* [Problem]
Would you retype each of the records exactly as shown?

* [Extracted data]

******

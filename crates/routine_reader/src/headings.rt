//! Headings as they are entered into a program (Ada RM 6.1, 6.1.1).

ghost use Rattle.std.specs.Prelude.{◌≡◌, [], true, false, map, IfOk, OnOk};
ghost use Rattle.program_scope.specs.Homes.{home_of};
ghost use Rattle.routine_reader.specs.Headings.{heading_with, profiled, told_with};
ghost use Rattle.statement_typing.specs.Aspects as rules;
ghost use Rattle.statement_typing.specs.Files.{scope};
ghost use Rattle.statement_typing.specs.Objects.{present};
ghost use Rattle.statement_typing.specs.Routines as routines;
ghost use Rattle.statement_typing.specs.Tellings as tellings;
ghost use Rattle.statement_typing.specs.Units as units;
ghost use Rattle.subprogram_draft.specs.Counted.{contract_with};
ghost use Rattle.syntax_view.specs.View.{aspect_of, heading_of};
ghost use Rattle.type_base.specs.declared.seen.Moment.TheVariants as moment';

use crate::profiles::profile;
use ada_syntax::{Aspect, Decl, Sub};
use aspect_reader::aspects_found;
use first_told::{each_told, tell};
use front_codes::Refusal;
use program_scope::Home;
use statement_typing::{Draft, Profile};
use std::alloc::Global;
use subprogram_draft::{with_contract, with_profile};
use text_numbers::{contract_indexes, numbered};
use type_base::{Moment, Starved, World};
use typing_rules::Found;

fn profile_at(
    alloc: Global,
    home: &Home,
    world: &World,
    sub: &Sub<Decl>,
) -> Result<Found<Profile>, Starved>
    ensures { IfOk result (λ f. f ≡ routines.profile (scope (home_of home.now) moment'.Elsewhere world.now) (heading_of sub.now)) }
{
    profile(alloc, &home.scope(Moment::Elsewhere, world), sub)
}

/// The profile of a subprogram is entered, which is read by the home of its contract.
fn declare_profile(
    alloc: Global,
    home: &Home,
    contract: &Home,
    routine: u32,
    sub: &Sub<Decl>,
    draft: &mut Draft,
    told: Option<Refusal>,
) -> Result<Option<Refusal>, Starved>
    ensures program { OnOk result (draft.new ≡ profiled (home_of home.now) (home_of contract.now) routine (heading_of sub.now) draft.old) }
    ensures refusal { IfOk result (λ t. t ≡ tellings.told told (routines.profile (present (home_of contract.now) draft.old) (heading_of sub.now))) }
{
    let found = profile_at(alloc, contract, &draft.world, sub)?;
    let told = tell(told, &found);
    let done = with_profile(alloc, home, routine, sub.name, &found, draft);
    drop(found);
    done?;
    Ok(told)
}

/// The contract of a subprogram is entered, with how many indexes it has.
fn declare_contract(
    alloc: Global,
    contract: &Home,
    routine: u32,
    aspects: &[Aspect],
    indexes: u32,
    draft: &mut Draft,
    told: Option<Refusal>,
) -> Result<Option<Refusal>, Starved>
    ensures program { OnOk result (draft.new ≡ contract_with routine (rules.aspects_found (home_of contract.now) draft.old.world true [] (map aspect_of aspects.now)) indexes draft.old) }
    ensures refusal { IfOk result (λ t. t ≡ tellings.each_told told (rules.aspects_found (home_of contract.now) draft.old.world true [] (map aspect_of aspects.now))) }
{
    let found = aspects_found(alloc, contract, &draft.world, true, aspects)?;
    let told = each_told(told, found.as_slice());
    with_contract(alloc, routine, found.as_slice(), indexes, draft)?;
    Ok(told)
}

/// A heading whose contract has a home of its own and so many indexes.
fn declare_heading(
    alloc: Global,
    home: &Home,
    contract: &Home,
    routine: u32,
    sub: &Sub<Decl>,
    indexes: u32,
    draft: &mut Draft,
    told: Option<Refusal>,
) -> Result<Option<Refusal>, Starved>
    ensures program { OnOk result (draft.new ≡ heading_with (home_of home.now) (home_of contract.now) routine (heading_of sub.now) indexes draft.old) }
    ensures refusal { IfOk result (λ t. t ≡ told_with (home_of home.now) (home_of contract.now) routine (heading_of sub.now) draft.old told) }
{
    let told = declare_profile(alloc, home, contract, routine, sub, draft, told)?;
    declare_contract(
        alloc,
        contract,
        routine,
        sub.aspects.as_slice(),
        indexes,
        draft,
        told,
    )
}

/// What is told of the aspects of a package, or of another declaration of a subprogram, on which no contract may stand. `Err`
/// where memory was refused.
pub fn package_aspects(
    alloc: Global,
    home: &Home,
    world: &World,
    aspects: &[Aspect],
    told: Option<Refusal>,
) -> Result<Option<Refusal>, Starved>
    ensures { IfOk result (λ t. t ≡ tellings.each_told told (rules.aspects_found (home_of home.now) world.now false [] (map aspect_of aspects.now))) }
{
    let found = aspects_found(alloc, home, world, false, aspects)?;
    Ok(each_told(told, found.as_slice()))
}

/// The heading of a subprogram is entered where it is the first of it (`first`); another adds nothing. Gives what is told after it.
/// `Err` where memory was refused, as it is where the program has 2^32 formal parameters or the contract 2^32 indexes.
pub fn with_heading(
    alloc: Global,
    home: &Home,
    first: bool,
    routine: u32,
    sub: &Sub<Decl>,
    draft: &mut Draft,
    told: Option<Refusal>,
) -> Result<Option<Refusal>, Starved>
    ensures program { OnOk result (draft.new ≡ units.with_heading first (home_of home.now) routine (heading_of sub.now) draft.old) }
    ensures refusal { IfOk result (λ t. t ≡ tellings.with_heading_told first (home_of home.now) routine (heading_of sub.now) draft.old told) }
{
    let aspects = sub.aspects.as_slice();
    let indexes = contract_indexes(alloc, home.file, aspects)?;
    let Ok(count) = u32::try_from(indexes.len()) else {
        return Err(Starved);
    };
    let numbers = numbered(alloc, 0, indexes.as_slice(), &[], &[])?;
    let contract = Home {
        file: home.file,
        own: Some(routine),
        numbers: &numbers,
        globals: home.globals,
        routines: home.routines,
    };
    if first {
        declare_heading(alloc, home, &contract, routine, sub, count, draft, told)
    } else {
        package_aspects(alloc, &contract, &draft.world, aspects, told)
    }
}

******

* [Solution below]
filename crates/routine_reader/src/headings.rt
//! Headings as they are entered into a program (Ada RM 6.1, 6.1.1).

ghost use Rattle.std.specs.Prelude.{◌≡◌, [], true, false, map, IfOk, OnOk};
ghost use Rattle.program_scope.specs.Homes.{home_of};
ghost use Rattle.routine_reader.specs.Headings.{heading_with, profiled, told_with};
ghost use Rattle.statement_typing.specs.Aspects as rules;
ghost use Rattle.statement_typing.specs.Files.{scope};
ghost use Rattle.statement_typing.specs.Objects.{present};
ghost use Rattle.statement_typing.specs.Routines as routines;
ghost use Rattle.statement_typing.specs.Tellings as tellings;
ghost use Rattle.statement_typing.specs.Units as units;
ghost use Rattle.subprogram_draft.specs.Counted.{contract_with};
ghost use Rattle.syntax_view.specs.View.{aspect_of, heading_of};
ghost use Rattle.type_base.specs.declared.seen.Moment.TheVariants as moment';

use crate::profiles::profile;
use ada_syntax::{Aspect, Decl, Sub};
use aspect_reader::aspects_found;
use first_told::{each_told, tell};
use front_codes::Refusal;
use program_scope::Home;
use statement_typing::{Draft, Profile};
use std::alloc::Global;
use subprogram_draft::{with_contract, with_profile};
use text_numbers::{contract_indexes, numbered};
use type_base::{Moment, Starved, World};
use typing_rules::Found;

fn profile_at(
    alloc: Global,
    home: &Home,
    world: &World,
    sub: &Sub<Decl>,
) -> Result<Found<Profile>, Starved>
    ensures { IfOk result (λ f. f ≡ routines.profile (scope (home_of home.now) moment'.Elsewhere world.now) (heading_of sub.now)) }
{
    profile(alloc, &home.scope(Moment::Elsewhere, world), sub)
}

/// The profile of a subprogram is entered, which is read by the home of its contract.
fn declare_profile(
    alloc: Global,
    home: &Home,
    contract: &Home,
    routine: u32,
    sub: &Sub<Decl>,
    draft: &mut Draft,
    told: Option<Refusal>,
) -> Result<Option<Refusal>, Starved>
    ensures program { OnOk result (draft.new ≡ profiled (home_of home.now) (home_of contract.now) routine (heading_of sub.now) draft.old) }
    ensures refusal { IfOk result (λ t. t ≡ tellings.told told (routines.profile (present (home_of contract.now) draft.old) (heading_of sub.now))) }
{
    let found = profile_at(alloc, contract, &draft.world, sub)?;
    let told = tell(told, &found);
    let done = with_profile(alloc, home, routine, sub.name, &found, draft);
    drop(found);
    done?;
    Ok(told)
}

/// The contract of a subprogram is entered, with how many indexes it has.
fn declare_contract(
    alloc: Global,
    contract: &Home,
    routine: u32,
    aspects: &[Aspect],
    indexes: u32,
    draft: &mut Draft,
    told: Option<Refusal>,
) -> Result<Option<Refusal>, Starved>
    ensures program { OnOk result (draft.new ≡ contract_with routine (rules.aspects_found (home_of contract.now) draft.old.world true [] (map aspect_of aspects.now)) indexes draft.old) }
    ensures refusal { IfOk result (λ t. t ≡ tellings.each_told told (rules.aspects_found (home_of contract.now) draft.old.world true [] (map aspect_of aspects.now))) }
{
    let found = aspects_found(alloc, contract, &draft.world, true, aspects)?;
    let told = each_told(told, found.as_slice());
    with_contract(alloc, routine, found.as_slice(), indexes, draft)?;
    Ok(told)
}

/// A heading whose contract has a home of its own and so many indexes.
fn declare_heading(
    alloc: Global,
    home: &Home,
    contract: &Home,
    routine: u32,
    sub: &Sub<Decl>,
    indexes: u32,
    draft: &mut Draft,
    told: Option<Refusal>,
) -> Result<Option<Refusal>, Starved>
    ensures program { OnOk result (draft.new ≡ heading_with (home_of home.now) (home_of contract.now) routine (heading_of sub.now) indexes draft.old) }
    ensures refusal { IfOk result (λ t. t ≡ told_with (home_of home.now) (home_of contract.now) routine (heading_of sub.now) draft.old told) }
{
    let told = declare_profile(alloc, home, contract, routine, sub, draft, told)?;
    declare_contract(
        alloc,
        contract,
        routine,
        sub.aspects.as_slice(),
        indexes,
        draft,
        told,
    )
}

/// What is told of the aspects of a package, or of another declaration of a subprogram, on which no contract may stand. `Err`
/// where memory was refused.
pub fn package_aspects(
    alloc: Global,
    home: &Home,
    world: &World,
    aspects: &[Aspect],
    told: Option<Refusal>,
) -> Result<Option<Refusal>, Starved>
    ensures { IfOk result (λ t. t ≡ tellings.each_told told (rules.aspects_found (home_of home.now) world.now false [] (map aspect_of aspects.now))) }
{
    let found = aspects_found(alloc, home, world, false, aspects)?;
    Ok(each_told(told, found.as_slice()))
}

/// The heading of a subprogram is entered where it is the first of it (`first`); another adds nothing. Gives what is told after it.
/// `Err` where memory was refused, as it is where the program has 2^32 formal parameters or the contract 2^32 indexes.
pub fn with_heading(
    alloc: Global,
    home: &Home,
    first: bool,
    routine: u32,
    sub: &Sub<Decl>,
    draft: &mut Draft,
    told: Option<Refusal>,
) -> Result<Option<Refusal>, Starved>
    ensures program { OnOk result (draft.new ≡ units.with_heading first (home_of home.now) routine (heading_of sub.now) draft.old) }
    ensures refusal { IfOk result (λ t. t ≡ tellings.with_heading_told first (home_of home.now) routine (heading_of sub.now) draft.old told) }
{
    let aspects = sub.aspects.as_slice();
    let indexes = contract_indexes(alloc, home.file, aspects)?;
    let Ok(count) = u32::try_from(indexes.len()) else {
        return Err(Starved);
    };
    let numbers = numbered(alloc, 0, indexes.as_slice(), &[], &[])?;
    let contract = Home {
        file: home.file,
        own: Some(routine),
        numbers: &numbers,
        globals: home.globals,
        routines: home.routines,
    };
    if first {
        declare_heading(alloc, home, &contract, routine, sub, count, draft, told)
    } else {
        package_aspects(alloc, &contract, &draft.world, aspects, told)
    }
}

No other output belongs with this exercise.